> [BRIEF]
Find the word "NoGuard" in the listing; pull out each line holding it.

> [DATA EXCERPTS]

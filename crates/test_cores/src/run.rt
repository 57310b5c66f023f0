//! A core with a merge that has begun, one event after another.
use crate::rows::Row;
use anyhow::{Result, bail};
use fb_core::{Core, NoGuard, TxStop, a_beginning_stays_one};
use fb_merge::merged;
use fb_view::Snapshot;
use std::alloc::Global;
use std::marker::Model;
use std::thread::Threads;

/// The first of January 2024.
pub(crate) const CLOCK: i64 = 1_704_067_200_000;

/// The session that asks for all transactions.
const AUTHOR: u32 = 1;

/// A core, and the value with which its merge began.
#[derive(Drop)]
pub(crate) struct Run {
    core: Core,
    begin: Snapshot,
}

impl Model for Run {
    ghost use Rattle.std.specs.Prelude.{◌≡◌};
    ghost use Rattle.fb_model.specs.History.{basis, upto};
    ghost use Rattle.fb_core.specs.declared.shared.CoreParts.{CoreParts};

    ghost Value = { CoreParts };

    ghost view = { λ run. run.core };

    ghost invariant = { λ run. upto run.core.snapshot.entries (basis run.begin.entries)
        ≡ run.begin.entries };
}

impl Run {
    /// A new database. A merge of it has begun.
    pub(crate) fn new(alloc: Global) -> Result<Run> {
        Run::of(Core::of(alloc, Snapshot::first(alloc)?))
    }

    fn of(core: Core) -> Result<Run> {
        a_beginning_stays_one();
        let begin = core.snapshot().share()?;
        Ok(Run { core, begin })
    }

    pub(crate) fn core(&self) -> &Core {
        &self.core
    }

    /// Decides the transaction, and accepts it where the table says so.
    pub(crate) fn transact(&mut self, row: &Row) -> Result<()> {
        a_beginning_stays_one();
        let _basis = self.begin.basis();
        match self.core.decide(&row.data, CLOCK, AUTHOR, &NoGuard) {
            Ok(draft) if row.is_accepted() => {
                self.core.accept(draft);
                Ok(())
            }
            Err(TxStop::Refused(refusal)) if row.is_refused_by(refusal) => Ok(()),
            _ => bail!("the core decides otherwise than the table"),
        }
    }

    /// The merge begins anew, with the latest value.
    pub(crate) fn begin_merge(&mut self) -> Result<()> {
        a_beginning_stays_one();
        self.begin = self.core.snapshot().share()?;
        Ok(())
    }

    /// Merges what was live when the merge began, and adopts the trees.
    pub(crate) fn end_merge<R: Threads + Sync>(&mut self, rt: &R, alloc: Global) -> Result<()> {
        let first_id = self.begin.roots().next_id();
        let roots = merged(rt, alloc, &self.begin, first_id)?;
        let rebased = self.core.rebase(&self.begin, roots)?;
        self.core.adopt(rebased);
        Ok(())
    }
}

/// The core of the value's history as it is opened, over the value's trees.
pub(crate) fn reopened(alloc: Global, snapshot: &Snapshot) -> Result<Core> {
    let entries = snapshot.entries().share()?;
    let roots = snapshot.roots().share()?;
    Ok(Core::opened(alloc, entries, roots, snapshot.covered())?)
}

> [ANSWER BOX]
use fb_core::{Core, NoGuard, TxStop, a_beginning_stays_one};
        match self.core.decide(&row.data, CLOCK, AUTHOR, &NoGuard) {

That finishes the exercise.